Self- and impurity diffusion of Ni, Ga, Ge, Ti, Nb and Bin the L1(2)-type intermetallic compound Ni3Al

Self- and impurity diffusion of Ni, Ga, Ge, Ti Nb and B was investigated in Ni3Al single and polycrystals. Ni self-diffusion was investigated applying two techniques of profile detection. At high temperatures profiles were obtained by an improved serial sectioning technique, while at low temperatures and small diffusion coefficients, respectively, concentration profiles were determined by secondary ion mass spectrometry (SIMS).

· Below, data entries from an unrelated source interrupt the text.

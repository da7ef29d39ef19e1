ghost use Rattle.std.specs.Prelude.{◌≡◌, IfOk};
ghost use Rattle.serde_json.specs.View.{view};
ghost use Rattle.pf_report.specs.Json.{name_data, names_part, slot_data, slot_part};

use pf_report::elements::{ArrayPieces, Elements};
use pf_text::pieces::gathered;
use pf_vocabulary::names::named::Named;
use pf_vocabulary::names::slot_length::SlotLength;
use pf_vocabulary::names::titles::Titles;
use serde_json::{Value, json};
use std::alloc::{AllocError, Global};
use std::marker::Model;

/// A task and its name as an object.
fn name_value(alloc: Global, named: &Named) -> Result<Value, AllocError>
    ensures { IfOk result (λ v. view v ≡ name_data named.now) }
{
    json!(in alloc; {
        "name": named.name.as_str(),
        "task": named.task
    })
}

/// How long a slot is, as an object; null where the script does not tell it.
fn slot_value(alloc: Global, slot: Option<SlotLength>) -> Result<Value, AllocError>
    ensures { IfOk result (λ v. view v ≡ slot_data slot) }
{
    match slot {
        Some(slot) => json!(in alloc; {
            "length": slot.length,
            "unit": slot.unit.word()
        }),
        None => Ok(Value::Null),
    }
}

/// The names of tasks, by task.
#[derive(Drop)]
struct NameRows<'a> {
    names: &'a [Named],
}

impl<'a> Model for NameRows<'a> {
    ghost use Rattle.std.specs.Prelude.{List};
    ghost use Rattle.pf_vocabulary.specs.declared.names.named.Named.{Named};

    ghost Value = { List Named };

    ghost view = { λ r. r.names.now };
}

impl<'a> NameRows<'a> {
    ghost use Rattle.std.specs.Prelude.{◌≡◌, ◌∷◌, ◌+◌, ◌<◌, length, drop};

    /// The one at a place.
    fn get(&self, at: u64) -> &Named
        requires { at < length self.now }
        ensures { drop at self.now ≡ result.now ∷ drop (at + 1) self.now }
    {
        let names = self.names;
        &names[at as usize]
    }

    /// How many there are.
    fn len(&self) -> u64
        ensures { result ≡ length self.now }
    {
        self.names.len() as u64
    }
}

impl Elements for NameRows<'_> {
    ghost use Rattle.std.specs.Prelude.{length, drop, map};
    ghost use Rattle.pf_report.specs.Json.{name_data};

    ghost count = { λ r. length r };

    ghost rest = { λ r at. map name_data (drop at r) };

    fn count(&self) -> u64 {
        self.len()
    }

    fn element(&self, alloc: Global, at: u64) -> Result<Value, AllocError> {
        name_value(alloc, self.get(at))
    }
}

/// The names after their key, where the script is a plan, and else nothing.
///
/// # Errors
///
/// Where memory is refused.
pub(crate) fn names_part(alloc: Global, titles: &Titles) -> Result<Vec<u8>, AllocError>
    ensures { IfOk result (λ text. text.items ≡ names_part titles.now) }
{
    if !titles.is_plan {
        return Ok(Vec::new(alloc));
    }
    let mut text = Vec::from_slice(alloc, b",\"names\":")?;
    let names = NameRows {
        names: titles.names.all(),
    };
    text.extend_from_slice(&gathered(alloc, ArrayPieces::new(names))?)?;
    Ok(text)
}

/// The length of a slot after its key, where the script is a plan, and else nothing.
///
/// # Errors
///
/// Where memory is refused.
pub(crate) fn slot_part(alloc: Global, titles: &Titles) -> Result<Vec<u8>, AllocError>
    ensures { IfOk result (λ text. text.items ≡ slot_part titles.now) }
{
    if !titles.is_plan {
        return Ok(Vec::new(alloc));
    }
    let mut text = Vec::from_slice(alloc, b",\"slot\":")?;
    text.extend_from_slice(&slot_value(alloc, titles.slot)?.to_vec(alloc)?)?;
    Ok(text)
}
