ghost use Rattle.std.specs.Prelude.{◌≡◌, ◌≤◌, [], nat_eq, is_some, if◌then◌else◌, length, IfOk, OnOk};
ghost use Rattle.std.specs.Option.{option_eq};
ghost use Rattle.pf_place.specs.Lent.{lent_row};
ghost use Rattle.pf_text.specs.Page.{with_record};
ghost use Rattle.pf_stats.specs.Processors.{changes_on, processor_record, processors_text, quanta_on, task_on};

use pf_desk::rows::{row_at, row_count};
use pf_desk::snapshot::Snapshot;
use pf_place::row_view::RowView;
use pf_text::table::Table;
use std::alloc::{AllocError, Global};

/// The task on a processor in a row.
fn task_on(row: RowView<'_>, processor: u32) -> Option<u32>
    ensures { result ≡ task_on processor (lent_row row.entry) }
{
    let pick = row.get(processor)?;
    Some(pick.task)
}

/// 1 where there is a task.
fn one_if_busy(task: Option<u32>) -> u64
    ensures { result ≡ (if is_some task then 1 else 0) }
{
    match task {
        Some(_) => 1,
        None => 0,
    }
}

/// 1 where the two are not the same.
fn one_if_other(before: Option<u32>, task: Option<u32>) -> u64
    ensures { result ≡ (if option_eq nat_eq before task then 0 else 1) }
{
    match (before, task) {
        (None, None) => 0,
        (Some(x), Some(y)) if x == y => 0,
        _ => 1,
    }
}

/// How many quanta a processor gave.
fn quanta_on(snapshot: &Snapshot, processor: u32) -> u64
    ensures value { result ≡ quanta_on processor snapshot.now.rows }
    ensures most { result ≤ length snapshot.now.rows }
{
    let mut quanta = 0;
    for t in 0..row_count(snapshot) {
        let task = task_on(row_at(snapshot, t), processor);
        quanta += one_if_busy(task);
    }
    quanta
}

/// In how many slots the task on a processor is another than in the slot before.
fn changes_on(snapshot: &Snapshot, processor: u32) -> u64
    ensures { result ≡ changes_on processor snapshot.now.rows }
{
    let slots = row_count(snapshot);
    if slots == 0 {
        return 0;
    }
    let mut changes = 0;
    let mut before = task_on(row_at(snapshot, 0), processor);
    for t in 1..slots {
        let task = task_on(row_at(snapshot, t), processor);
        changes += one_if_other(before, task);
        before = task;
    }
    changes
}

/// Adds the record of a processor.
fn push_processor(table: &mut Table, snapshot: &Snapshot, processor: u32) -> Result<(), AllocError>
    requires { table.old.fields ≡ [] }
    ensures { OnOk result (table.new ≡ with_record table.old (processor_record snapshot.now.rows processor)) }
{
    let quanta = quanta_on(snapshot, processor);
    table.show_number(u64::from(processor))?;
    table.show_number(quanta)?;
    table.show_number(row_count(snapshot) - quanta)?;
    table.show_number(changes_on(snapshot, processor))?;
    table.end_record()
}

/// How each processor was used in the slots below now, as a table: the quanta that it gave, the slots in which it was
/// idle or out of use, and the slots in which the task on it is another than in the slot before, nobody being one too.
///
/// # Errors
///
/// Where memory is refused.
pub fn processors_csv(alloc: Global, snapshot: &Snapshot) -> Result<Vec<u8>, AllocError>
    ensures { IfOk result (λ text. text.items ≡ processors_text snapshot.now) }
{
    let mut table = Table::new(alloc);
    table.push_texts(&["processor", "quanta", "idle", "changes"])?;
    for processor in 0..snapshot.settings().processors() {
        push_processor(&mut table, snapshot, processor)?;
    }
    table.finish()
}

It is concluded from the present data that Ni diffusion occurs via nearest-neighbour jumps of only thermal vacancies in the Ni-sublattice. Because of the lack of a suitable Al-tracer, Al-diffusion in the compound was simulated by investigating the diffusion behaviour of Ti, Nb, Ge and the homologous element Ga, which are preferentially located on Al sites. The difference in the observed enthalpies Q(Ga) and Q(Ni) agrees well with the predicted energy of antisite defect formation of Al in the Ni-sublattice (44.4 kJ mol(-1)). Therefore, it is most likely that diffusion of Ga occurs via nearest-neighbour jumps using Ni-vacancies in the Ni-sublattice. A lower diffusivity of Ti and Nh in comparison to Ga and Ge combined with a slightly enhanced activation enthalpy is observed. The smaller activation enthalpy and the 3 to 4 orders of magnitude higher diffusivity of the B atoms indicate that B diffuses interstitially in the L1(2)-type Ni3Al lattice. The still relative high value of Q(B) of such an interstitial mechanism is attributed to the strong asymmetrical occupancy of the two energetically different types of octahedral interstitial sites in Ni3Al by the B atoms and the diffusion path resulting from the corresponding structural and energetical conditions.